Bien entendu, celle-ci n’a plus grand-chose à voir avec la retraite d’il y a encore cinquante ans. Inutile de s’attarder sur cette question, le quatrième âge symbolisant le retour presque triomphant d’une période de la vie supposée être davantage apaisée, dégagée des enjeux de performance, de succès, de réussite parfois.
Il ne serait alors plus question de performer, mais bien d’être (enfin) davantage soi-même et dans un rapport de soi à soi plus authentique et moins stressé ?
Pas si simple !
Ainsi et comme pour toutes les grandes étapes d’une vie, le passage à la retraite s’inscrit dans un contexte de changement de vie, de style de vie et d’habitudes, et duquel découle une transition qui peut être définie comme un temps de passage […] nécessitant de l’individu la mise en œuvre de stratégies d’adaptation (Balleux et Perez-Roux, 2014, p. 102).
Alors que tout processus de transition est souvent vécu comme une rupture identitaire et professionnelle de fortes intensités (Fabre et al., 2011), Masdonati et Zittoun (2012), ajoutent à cela le défi d’avoir à quitter un lieu ou des situations déjà connus et une nécessité d’avoir à construire de nouvelles activités qui ont du sens pour soi, afin de s’adapter aux nouvelles conditions de son environnement.
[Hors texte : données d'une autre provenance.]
// The rows of the instruction table.

/// The width of a displacement: none, a signed byte, or four bytes.
#[derive(Debug, Clone, Copy, PartialEq, Eq)]
pub enum Dw {
    D0,
    D8,
    D32,
}

/// An operand that a ModRM byte names. Registers 0 to 7 are eax, ecx, edx, ebx, esp, ebp, esi, edi, and
/// as byte registers al, cl, dl, bl, ah, ch, dh, bh.
#[derive(Debug, Clone, Copy, PartialEq, Eq)]
pub enum Opnd {
    /// A register.
    Reg(u8),
    /// The memory at the sum of `base`, `index` shifted left by its scale, and `disp`.
    Mem {
        base: Option<u8>,
        /// A register and a scale of 0 to 3. None where no SIB byte stands, and register 4 with scale 0
        /// where one stands without an index register.
        index: Option<(u8, u8)>,
        disp: i32,
        width: Dw,
    },
}

/// The way of a move between a register and an operand.
#[derive(Debug, Clone, Copy, PartialEq, Eq)]
pub enum Way {
    /// `movl r, rm`
    ToOperand,
    /// `movl rm, r`
    ToRegister,
}

/// Where an immediate is moved, which chooses between two encodings.
#[derive(Debug, Clone, Copy, PartialEq, Eq)]
pub enum Dest {
    /// `movl $n, r`
    Register(u8),
    /// `movl $n, rm`
    Operand(Opnd),
}

/// The moves of a byte or a word.
#[derive(Debug, Clone, Copy, PartialEq, Eq)]
pub enum Narrow {
    /// `movb r8, rm8`
    ByteToOperand,
    /// `movb rm8, r8`
    ByteToRegister,
    /// `movw r16, rm16`
    WordToOperand,
}

/// The instructions that push or pop one value.
#[derive(Debug, Clone, Copy, PartialEq, Eq)]
pub enum StackOp {
    /// `pushl r`
    Push(u8),
    /// `pushl $n`
    PushImm(u32),
    /// `popl r`
    Pop(u8),
}

/// `addl`, `orl`, `andl`, `subl`, `xorl`, `cmpl`.
#[derive(Debug, Clone, Copy, PartialEq, Eq)]
pub enum ArithOp {
    Add,
    Or,
    And,
    Sub,
    Xor,
    Cmp,
}

/// `notl` and `negl`.
#[derive(Debug, Clone, Copy, PartialEq, Eq)]
pub enum UnaryOp {
    Not,
    Neg,
}

/// `divl` and `idivl`.
#[derive(Debug, Clone, Copy, PartialEq, Eq)]
pub enum DivideOp {
    Unsigned,
    Signed,
}

/// `shll`, `shrl` and `sarl`.
#[derive(Debug, Clone, Copy, PartialEq, Eq)]
pub enum ShiftOp {
    Left,
    Right,
    Arithmetic,
}

/// The conditions of `setcc` and `jcc`, but for the two that need the parity flag.
#[derive(Debug, Clone, Copy, PartialEq, Eq)]
pub enum Cond {
    Overflow,
    NotOverflow,
    Below,
    AboveOrEqual,
    Equal,
    NotEqual,
    BelowOrEqual,
    Above,
    Sign,
    NotSign,
    Less,
    GreaterOrEqual,
    LessOrEqual,
    Greater,
}

/// The moves that widen a byte or a word, by its sign or by zeros.
#[derive(Debug, Clone, Copy, PartialEq, Eq)]
pub enum WidenOp {
    /// `movsbl`
    SignedByte,
    /// `movswl`
    SignedWord,
    /// `movzbl`
    ZeroByte,
    /// `movzwl`
    ZeroWord,
}

/// What is called.
#[derive(Debug, Clone, Copy, PartialEq, Eq)]
pub enum Callee {
    /// `call l`: the distance from the end of the instruction.
    Relative(i32),
    /// `call *rm`
    Indirect(Opnd),
}

/// Where a jump goes: the distance from the end of the instruction, in four bytes or in one.
#[derive(Debug, Clone, Copy, PartialEq, Eq)]
pub enum Target {
    Near(i32),
    Short(i8),
}

/// The row `ret`, `leave`, `nop`.
#[derive(Debug, Clone, Copy, PartialEq, Eq)]
pub enum PlainOp {
    Ret,
    Leave,
    Nop,
}

/// The row `rep movsb`, `rep stosb`, `cld`.
#[derive(Debug, Clone, Copy, PartialEq, Eq)]
pub enum StringOp {
    RepMovsb,
    RepStosb,
    Cld,
}

/// An instruction: one variant for each row of the table.
#[derive(Debug, Clone, Copy, PartialEq, Eq)]
pub enum Ins {
    /// `movl r, rm` and `movl rm, r`
    Move(Way, u8, Opnd),
    /// `movl $n, r` and `movl $n, rm`
    MoveImm(Dest, u32),
    /// `movb r8, rm8`, `movb rm8, r8` and `movw r16, rm16`
    MoveNarrow(Narrow, u8, Opnd),
    /// `leal m, r`
    Lea(u8, Opnd),
    /// `pushl r`, `pushl $n` and `popl r`
    Stack(StackOp),
    /// `addl r, rm` and its kind
    ArithTo(ArithOp, u8, Opnd),
    /// `addl rm, r` and its kind
    ArithFrom(ArithOp, u8, Opnd),
    /// `addl $n, rm` and its kind
    ArithImm(ArithOp, Opnd, u32),
    /// `testl r, rm`
    Test(u8, Opnd),
    /// `imull rm, r`
    Imul(u8, Opnd),
    /// `notl rm` and `negl rm`
    Unary(UnaryOp, Opnd),
    /// `divl rm` and `idivl rm`
    Divide(DivideOp, Opnd),
    /// `cltd`
    Cltd,
    /// `shll %cl, rm`, `shrl %cl, rm` and `sarl %cl, rm`
    Shift(ShiftOp, Opnd),
    /// `setcc rm8`
    Set(Cond, Opnd),
    /// `movsbl rm, r` and its kind
    Widen(WidenOp, u8, Opnd),
    /// `call l` and `call *rm`
    Call(Callee),
    /// `jmp l`
    Jump(Target),
    /// `jcc l`
    Branch(Cond, Target),
    /// `ret`, `leave` and `nop`
    Plain(PlainOp),
    /// `int3`
    Int3,
    /// `rep movsb`, `rep stosb` and `cld`
    Str(StringOp),
    /// `lcall $7, $0`
    Lcall,
}
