// The words that begin a statement, in a list.
ghost use Rattle.std.specs.Prelude.{◌≡◌, find};
ghost use Rattle.std.specs.Str.{bytes_eq};
ghost use Rattle.asm_item.specs.Words.{keyword_text};
ghost use Rattle.asm_read.specs.Stmts as spec;

use asm_item::Keyword;
use isa386::{ArithOp, Cond, ShiftOp, WidenOp};

/// Each word that begins a statement.
const KEYWORDS: [Keyword; 84] = [
    Keyword::Movl,
    Keyword::Movb,
    Keyword::Movw,
    Keyword::Leal,
    Keyword::Pushl,
    Keyword::Popl,
    Keyword::Testl,
    Keyword::Imull,
    Keyword::Notl,
    Keyword::Negl,
    Keyword::Divl,
    Keyword::Idivl,
    Keyword::Cltd,
    Keyword::Call,
    Keyword::Jmp,
    Keyword::Ret,
    Keyword::Leave,
    Keyword::Nop,
    Keyword::Int3,
    Keyword::Rep,
    Keyword::Cld,
    Keyword::Lcall,
    Keyword::File,
    Keyword::Text,
    Keyword::Init,
    Keyword::Globl,
    Keyword::Comm,
    Keyword::Lcomm,
    Keyword::Byte,
    Keyword::Value,
    Keyword::Long,
    Keyword::Zero,
    Keyword::Align,
    Keyword::Ln,
    Keyword::Def,
    Keyword::Val,
    Keyword::Scl,
    Keyword::Ty,
    Keyword::Tag,
    Keyword::Line,
    Keyword::Size,
    Keyword::Dim,
    Keyword::Endef,
    Keyword::Arith(ArithOp::Add),
    Keyword::Arith(ArithOp::Or),
    Keyword::Arith(ArithOp::And),
    Keyword::Arith(ArithOp::Sub),
    Keyword::Arith(ArithOp::Xor),
    Keyword::Arith(ArithOp::Cmp),
    Keyword::Shift(ShiftOp::Left),
    Keyword::Shift(ShiftOp::Right),
    Keyword::Shift(ShiftOp::Arithmetic),
    Keyword::Widen(WidenOp::SignedByte),
    Keyword::Widen(WidenOp::SignedWord),
    Keyword::Widen(WidenOp::ZeroByte),
    Keyword::Widen(WidenOp::ZeroWord),
    Keyword::Jump(Cond::Overflow),
    Keyword::Jump(Cond::NotOverflow),
    Keyword::Jump(Cond::Below),
    Keyword::Jump(Cond::AboveOrEqual),
    Keyword::Jump(Cond::Equal),
    Keyword::Jump(Cond::NotEqual),
    Keyword::Jump(Cond::BelowOrEqual),
    Keyword::Jump(Cond::Above),
    Keyword::Jump(Cond::Sign),
    Keyword::Jump(Cond::NotSign),
    Keyword::Jump(Cond::Less),
    Keyword::Jump(Cond::GreaterOrEqual),
    Keyword::Jump(Cond::LessOrEqual),
    Keyword::Jump(Cond::Greater),
    Keyword::Set(Cond::Overflow),
    Keyword::Set(Cond::NotOverflow),
    Keyword::Set(Cond::Below),
    Keyword::Set(Cond::AboveOrEqual),
    Keyword::Set(Cond::Equal),
    Keyword::Set(Cond::NotEqual),
    Keyword::Set(Cond::BelowOrEqual),
    Keyword::Set(Cond::Above),
    Keyword::Set(Cond::Sign),
    Keyword::Set(Cond::NotSign),
    Keyword::Set(Cond::Less),
    Keyword::Set(Cond::GreaterOrEqual),
    Keyword::Set(Cond::LessOrEqual),
    Keyword::Set(Cond::Greater),
];

/// The first word of the list that is spelled so.
fn named_in(list: &[Keyword], w: &[u8]) -> Option<Keyword>
    ensures { result ≡ find (λ k. bytes_eq (keyword_text k) w.now) list.now }
{
    for k in list {
        if k.text() == w {
            return Some(*k);
        }
    }
    None
}

/// The word that is spelled so.
#[tactic(auto, unfolding(crate::specs::Stmts::keyword_named))]
pub fn keyword_named(w: &[u8]) -> Option<Keyword>
    ensures { result ≡ spec.keyword_named w.now }
{
    named_in(&KEYWORDS, w)
}
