//! Runs of checked programs end as the language says.
//!
//! The source machine has an outcome, `Leaves 0`, for trees that no checker makes: a value of a wrong type, a name that stands for nothing. Here stand the conditions under which it never comes, and the laws that what the typing rules and the join accept meets them. Each function carries one law.
#![tactic(auto)]

ghost use Rattle.c_sound.specs.Laws.{TypedIsNumbered, TypedSuits, JoinedSuits, SuitedRunsAreNamed, PlainRunsAreNamed, CheckedRunsAreNamed, CheckedRunsEnd};

/// The starts and texts of a typed unit count up in textual order, and the automatic objects of each function; a static that is declared again keeps its number.
#[tactic(auto, using(crate::proofs::UnitParts::typed_is_numbered))]
pub fn typed_unit_is_numbered()
    ensures law { TypedIsNumbered }
{
    // The law is all that is promised.
}

/// The typed unit of a unit suits: the types of its parts are those that each operator takes, its names and statics are declared, and its sizes are numbers.
#[tactic(auto, using(crate::proofs::Units::typed_suits))]
pub fn typed_unit_suits()
    ensures law { TypedSuits }
{
    // The law is all that is promised.
}

/// A program that the join makes of units that suit has each object and each function that its names stand for, and these give what their types say.
#[tactic(auto, using(crate::proofs::Joined::joined_suits))]
pub fn joined_program_suits()
    ensures law { JoinedSuits }
{
    // The law is all that is promised.
}

/// A run of a program that suits never ends by `Leaves 0`, whatever is changed at its turns.
#[tactic(auto, using(crate::proofs::Run::suited_runs_are_named))]
pub fn suited_run_is_named()
    ensures law { SuitedRunsAreNamed }
{
    // The law is all that is promised.
}

/// Where nothing is changed, it ends as the language names: it is stopped, ends with a status, faults, wants stack, or leaves defined C by one of the five rules.
#[tactic(auto, using(crate::proofs::Run::plain_runs_are_named))]
pub fn plain_run_is_named()
    ensures law { PlainRunsAreNamed }
{
    // The law is all that is promised.
}

/// So a run of what the typing rules and the join accept never ends by `Leaves 0`, whatever is changed at its turns.
#[tactic(auto, using(crate::proofs::Checked::checked_runs_are_named))]
pub fn checked_run_is_named()
    ensures law { CheckedRunsAreNamed }
{
    // The law is all that is promised.
}

/// And where nothing is changed, it ends as the language names.
#[tactic(auto, using(crate::proofs::Checked::checked_runs_end))]
pub fn checked_run_ends()
    ensures law { CheckedRunsEnd }
{
    // The law is all that is promised.
}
Il est donc bien question de s’adapter, de s’ajuster, mais aussi de s’habituer, de s’accorder et finalement de s’approprier une nouvelle réalité face à des enjeux de vie qui évoluent. Fabre, Gatignon et Ventolini (2012) précisent qu’une transition « est toujours un moment délicat à vivre, chargé d’imprévu et de stress » (p.1).
À cet effet, l’étude canadienne réalisée par Lachance, Vaillancourt et Richer (2004), s’est intéressée au stress rapporté par 63 individus vivant en couple et lors de leur passage à la retraite. Les auteurs constatent qu’une bonne adaptation pourrait s’expliquer par ce qu’ils nomment une lune de miel , précisant que selon Atchley (1976), les individus, au moment de la retraite, se retrouvent dans cette phase euphorique au cours de laquelle ils tentent d’accomplir ce qu’ils n’ont jamais eu le temps de faire (p.3).
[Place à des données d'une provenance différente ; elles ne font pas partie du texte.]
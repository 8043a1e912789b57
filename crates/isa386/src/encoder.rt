// The bytes of an instruction: its opcode, its operand and its number.
ghost use Rattle.std.specs.Prelude.{ℕ, ℤ, ◌≡◌, ◌<◌, ◌≤◌, ◌+◌, ◌^◌, [], ◌++◌, length, Some, IfSome};
ghost use Rattle.std.specs.Int.{w8, cast_unsigned};
ghost use Rattle.arrayvec.specs.ArrayVec.{array_vec_len};
ghost use Rattle.isa386.specs.Encoding.{modrm, sib, mode, arith_digit, cond_code, number, displacement, operand, encoding};
ghost use Rattle.isa386.specs.Parts.{IsOpcode, opcode_of, opcode_bytes, operand_of, tail_of, tail_bytes, operand_bytes};
ghost use Rattle.isa386.specs.Row.{IsDisplacement, IsIndex, IsOperand, IsRow};

use crate::{
    ArithOp, Callee, Cond, Dest, DivideOp, Dw, Ins, Narrow, Opnd, PlainOp, ShiftOp, StackOp,
    StringOp, Target, UnaryOp, Way, WidenOp,
};
use arrayvec::ArrayVec;

// The bytes before the operand.
#[derive(Clone, Copy)]
pub(crate) enum Opcode {
    One(u8),
    /// An opcode plus the number of a register.
    Plus(u8, u8),
    Two(u8, u8),
    FarCall,
}

// The number behind the operand.
#[derive(Clone, Copy)]
enum Tail {
    Nothing,
    Byte(i8),
    Number(u32),
}

fn digit(op: ArithOp) -> u8
    ensures value { result ≡ arith_digit op }
    ensures small { result < 8 }
{
    match op {
        ArithOp::Add => 0,
        ArithOp::Or => 1,
        ArithOp::And => 4,
        ArithOp::Sub => 5,
        ArithOp::Xor => 6,
        ArithOp::Cmp => 7,
    }
}

fn code(cc: Cond) -> u8
    ensures value { result ≡ cond_code cc }
    ensures small { result < 16 }
{
    match cc {
        Cond::Overflow => 0x0,
        Cond::NotOverflow => 0x1,
        Cond::Below => 0x2,
        Cond::AboveOrEqual => 0x3,
        Cond::Equal => 0x4,
        Cond::NotEqual => 0x5,
        Cond::BelowOrEqual => 0x6,
        Cond::Above => 0x7,
        Cond::Sign => 0x8,
        Cond::NotSign => 0x9,
        Cond::Less => 0xC,
        Cond::GreaterOrEqual => 0xD,
        Cond::LessOrEqual => 0xE,
        Cond::Greater => 0xF,
    }
}

pub(crate) fn opcode_for(i: &Ins) -> Opcode
    ensures value { result ≡ opcode_of i.now }
    ensures row { IsRow i.now → IsOpcode result }
{
    match *i {
        Ins::Move(Way::ToOperand, _, _) => Opcode::One(0x89),
        Ins::Move(Way::ToRegister, _, _) => Opcode::One(0x8B),
        Ins::MoveImm(Dest::Register(r), _) => Opcode::Plus(0xB8, r),
        Ins::MoveImm(Dest::Operand(_), _) => Opcode::One(0xC7),
        Ins::MoveNarrow(Narrow::ByteToOperand, _, _) => Opcode::One(0x88),
        Ins::MoveNarrow(Narrow::ByteToRegister, _, _) => Opcode::One(0x8A),
        Ins::MoveNarrow(Narrow::WordToOperand, _, _) => Opcode::Two(0x66, 0x89),
        Ins::Lea(_, _) => Opcode::One(0x8D),
        Ins::Stack(StackOp::Push(r)) => Opcode::Plus(0x50, r),
        Ins::Stack(StackOp::PushImm(_)) => Opcode::One(0x68),
        Ins::Stack(StackOp::Pop(r)) => Opcode::Plus(0x58, r),
        Ins::ArithTo(op, _, _) => Opcode::One(8 * digit(op) + 1),
        Ins::ArithFrom(op, _, _) => Opcode::One(8 * digit(op) + 3),
        Ins::ArithImm(_, _, _) => Opcode::One(0x81),
        Ins::Test(_, _) => Opcode::One(0x85),
        Ins::Imul(_, _) => Opcode::Two(0x0F, 0xAF),
        Ins::Unary(_, _) | Ins::Divide(_, _) => Opcode::One(0xF7),
        Ins::Cltd => Opcode::One(0x99),
        Ins::Shift(_, _) => Opcode::One(0xD3),
        Ins::Set(cc, _) => Opcode::Two(0x0F, 0x90 + code(cc)),
        Ins::Widen(WidenOp::SignedByte, _, _) => Opcode::Two(0x0F, 0xBE),
        Ins::Widen(WidenOp::SignedWord, _, _) => Opcode::Two(0x0F, 0xBF),
        Ins::Widen(WidenOp::ZeroByte, _, _) => Opcode::Two(0x0F, 0xB6),
        Ins::Widen(WidenOp::ZeroWord, _, _) => Opcode::Two(0x0F, 0xB7),
        Ins::Call(Callee::Relative(_)) => Opcode::One(0xE8),
        Ins::Call(Callee::Indirect(_)) => Opcode::One(0xFF),
        Ins::Jump(Target::Near(_)) => Opcode::One(0xE9),
        Ins::Jump(Target::Short(_)) => Opcode::One(0xEB),
        Ins::Branch(cc, Target::Near(_)) => Opcode::Two(0x0F, 0x80 + code(cc)),
        Ins::Branch(cc, Target::Short(_)) => Opcode::One(0x70 + code(cc)),
        Ins::Plain(PlainOp::Ret) => Opcode::One(0xC3),
        Ins::Plain(PlainOp::Leave) => Opcode::One(0xC9),
        Ins::Plain(PlainOp::Nop) => Opcode::One(0x90),
        Ins::Int3 => Opcode::One(0xCC),
        Ins::Str(StringOp::RepMovsb) => Opcode::Two(0xF3, 0xA4),
        Ins::Str(StringOp::RepStosb) => Opcode::Two(0xF3, 0xAA),
        Ins::Str(StringOp::Cld) => Opcode::One(0xFC),
        Ins::Lcall => Opcode::FarCall,
    }
}

pub(crate) fn operand_for(i: &Ins) -> Option<(u8, Opnd)>
    ensures value { result ≡ operand_of i.now }
    ensures row { IsRow i.now → IfSome result (λ p. (p.0 < 8) × IsOperand p.1) }
{
    match *i {
        Ins::Move(_, r, rm)
        | Ins::MoveNarrow(_, r, rm)
        | Ins::Lea(r, rm)
        | Ins::ArithTo(_, r, rm)
        | Ins::ArithFrom(_, r, rm)
        | Ins::Test(r, rm)
        | Ins::Imul(r, rm)
        | Ins::Widen(_, r, rm) => Some((r, rm)),
        Ins::MoveImm(Dest::Operand(rm), _) | Ins::Set(_, rm) => Some((0, rm)),
        Ins::ArithImm(op, rm, _) => Some((digit(op), rm)),
        Ins::Unary(UnaryOp::Not, rm) | Ins::Call(Callee::Indirect(rm)) => Some((2, rm)),
        Ins::Unary(UnaryOp::Neg, rm) => Some((3, rm)),
        Ins::Shift(ShiftOp::Left, rm) => Some((4, rm)),
        Ins::Shift(ShiftOp::Right, rm) => Some((5, rm)),
        Ins::Divide(DivideOp::Unsigned, rm) => Some((6, rm)),
        Ins::Divide(DivideOp::Signed, rm) | Ins::Shift(ShiftOp::Arithmetic, rm) => Some((7, rm)),
        _ => None,
    }
}

fn tail_for(i: &Ins) -> Tail
    ensures { result ≡ tail_of i.now }
{
    match *i {
        Ins::MoveImm(_, n) | Ins::ArithImm(_, _, n) | Ins::Stack(StackOp::PushImm(n)) => {
            Tail::Number(n)
        }
        Ins::Call(Callee::Relative(d))
        | Ins::Jump(Target::Near(d))
        | Ins::Branch(_, Target::Near(d)) => Tail::Number(d.cast_unsigned()),
        Ins::Jump(Target::Short(d)) | Ins::Branch(_, Target::Short(d)) => Tail::Byte(d),
        _ => Tail::Nothing,
    }
}

fn push_number(out: &mut ArrayVec<u8, 15>, n: u32)
    requires room { array_vec_len out.old ≤ 11 }
    ensures bytes { out.new.items ≡ out.old.items ++ number n }
    ensures len { array_vec_len out.new ≡ array_vec_len out.old + 4 }
{
    let [a, b, c, d] = n.to_le_bytes();
    out.push(a);
    out.push(b);
    out.push(c);
    out.push(d);
}

fn push_displacement(out: &mut ArrayVec<u8, 15>, width: Dw, disp: i32)
    requires room { array_vec_len out.old ≤ 11 }
    requires fits { IsDisplacement width disp }
    ensures bytes { out.new.items ≡ out.old.items ++ displacement width disp }
    ensures len { array_vec_len out.new ≤ array_vec_len out.old + 4 }
{
    match width {
        Dw::D0 => {}
        Dw::D8 => out.push((disp as i8).cast_unsigned()),
        Dw::D32 => push_number(out, disp.cast_unsigned()),
    }
}

fn mode_of(width: Dw) -> u8
    ensures value { result ≡ mode width }
    ensures small { result < 3 }
{
    match width {
        Dw::D0 => 0,
        Dw::D8 => 1,
        Dw::D32 => 2,
    }
}

fn modrm_byte(mode: u8, reg: u8, rm: u8) -> u8
    requires mode { mode < 4 }
    requires reg { reg < 8 }
    requires rm { rm < 8 }
    ensures { result ≡ modrm mode reg rm }
{
    mode * 64 + reg * 8 + rm
}

fn sib_byte(index: (u8, u8), base: u8) -> u8
    requires index { IsIndex index }
    requires base { base < 8 }
    ensures { result ≡ sib index base }
{
    let (register, scale) = index;
    modrm_byte(scale, register, base)
}

fn push_operand(out: &mut ArrayVec<u8, 15>, reg: u8, rm: Opnd)
    requires room { array_vec_len out.old ≤ 2 }
    requires reg { reg < 8 }
    requires row { IsOperand rm }
    ensures bytes { out.new.items ≡ out.old.items ++ operand reg rm }
    ensures len { array_vec_len out.new ≤ array_vec_len out.old + 6 }
{
    match rm {
        Opnd::Reg(r) => out.push(modrm_byte(3, reg, r)),
        Opnd::Mem {
            base,
            index,
            disp,
            width,
        } => {
            match (base, index) {
                (None, None) => out.push(modrm_byte(0, reg, 5)),
                (Some(base), None) => out.push(modrm_byte(mode_of(width), reg, base)),
                (None, Some(index)) => {
                    out.push(modrm_byte(0, reg, 4));
                    out.push(sib_byte(index, 5));
                }
                (Some(base), Some(index)) => {
                    out.push(modrm_byte(mode_of(width), reg, 4));
                    out.push(sib_byte(index, base));
                }
            }
            push_displacement(out, width, disp);
        }
    }
}

fn push_opcode(out: &mut ArrayVec<u8, 15>, opcode: Opcode)
    requires empty { out.old.items ≡ [] }
    requires fits { IsOpcode opcode }
    ensures bytes { out.new.items ≡ opcode_bytes opcode }
{
    match opcode {
        Opcode::One(a) => out.push(a),
        Opcode::Plus(a, r) => out.push(a + r),
        Opcode::Two(a, b) => {
            out.push(a);
            out.push(b);
        }
        Opcode::FarCall => {
            out.push(0x9A);
            out.push(0);
            out.push(0);
            out.push(0);
            out.push(0);
            out.push(7);
            out.push(0);
        }
    }
}

fn push_tail(out: &mut ArrayVec<u8, 15>, tail: Tail)
    requires room { array_vec_len out.old ≤ 11 }
    ensures bytes { out.new.items ≡ out.old.items ++ tail_bytes tail }
{
    match tail {
        Tail::Nothing => {}
        Tail::Byte(d) => out.push(d.cast_unsigned()),
        Tail::Number(n) => push_number(out, n),
    }
}

/// Writes the bytes of an instruction into `out`, which is empty.
#[tactic(auto, using(crate::proofs::Sums::parts))]
pub fn encode(i: &Ins, out: &mut ArrayVec<u8, 15>)
    requires empty { out.old.items ≡ [] }
    requires row { IsRow i.now }
    ensures bytes { out.new.items ≡ encoding i.now }
{
    push_opcode(out, opcode_for(i));
    if let Some((reg, rm)) = operand_for(i) {
        push_operand(out, reg, rm);
    }
    push_tail(out, tail_for(i));
}

pub(crate) fn opcode_len(opcode: Opcode) -> u8
    ensures value { result ≡ length (opcode_bytes opcode) }
    ensures small { result ≤ 7 }
{
    match opcode {
        Opcode::One(_) | Opcode::Plus(_, _) => 1,
        Opcode::Two(_, _) => 2,
        Opcode::FarCall => 7,
    }
}

fn displacement_len(width: Dw) -> u8
    ensures value { (d : ℤ) → length (displacement width d) ≡ result }
    ensures small { result ≤ 4 }
{
    match width {
        Dw::D0 => 0,
        Dw::D8 => 1,
        Dw::D32 => 4,
    }
}

fn operand_len(rm: Opnd) -> u8
    ensures value { (reg : ℕ) → length (operand reg rm) ≡ result }
    ensures small { result ≤ 6 }
{
    match rm {
        Opnd::Reg(_) => 1,
        Opnd::Mem {
            index: None,
            width,
            ..
        } => 1 + displacement_len(width),
        Opnd::Mem {
            index: Some(_),
            width,
            ..
        } => 2 + displacement_len(width),
    }
}

fn tail_len(tail: Tail) -> u8
    ensures value { result ≡ length (tail_bytes tail) }
    ensures small { result ≤ 4 }
{
    match tail {
        Tail::Nothing => 0,
        Tail::Byte(_) => 1,
        Tail::Number(_) => 4,
    }
}

pub(crate) fn operand_len_of(i: &Ins) -> u8
    ensures value { result ≡ length (operand_bytes (operand_of i.now)) }
    ensures small { result ≤ 6 }
{
    match operand_for(i) {
        Some((_, rm)) => operand_len(rm),
        None => 0,
    }
}

/// The number of bytes of an instruction.
#[tactic(auto, using(crate::proofs::Sums::lengths))]
pub fn len(i: &Ins) -> u8
    ensures bytes { result ≡ length (encoding i.now) }
{
    opcode_len(opcode_for(i)) + operand_len_of(i) + tail_len(tail_for(i))
}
Par ailleurs, les auteurs ajoutent que cette phase peut être suivie d’une période de désenchantement où l’individu réalise que la retraite ne correspond pas à ses attentes (Atchley, 1976, cité par Lachance, Vaillancourt et al., 2004).
Selon Atchley (1976 ; cité par Tajjedine, 2014), le risque de détresse psychologique augmente lorsque la transition vers la retraite entraîne une discontinuité dans les ressources internes et les ressources externes dont disposent les individus avant et après la retraite. En effet, la retraite s’accompagne souvent de baisse de revenus et de changement de modes de vie qui peuvent avoir des conséquences sur le bien-être et la santé psychologique des aînés.
À l’inverse, des personnes ayant occupé toute leur vie un emploi physiquement difficile ou ayant évolué dans un environnement de travail stressant peuvent voir leur équilibre psychologique s’améliorer au moment du passage à la retraite (Wheaton, 1990).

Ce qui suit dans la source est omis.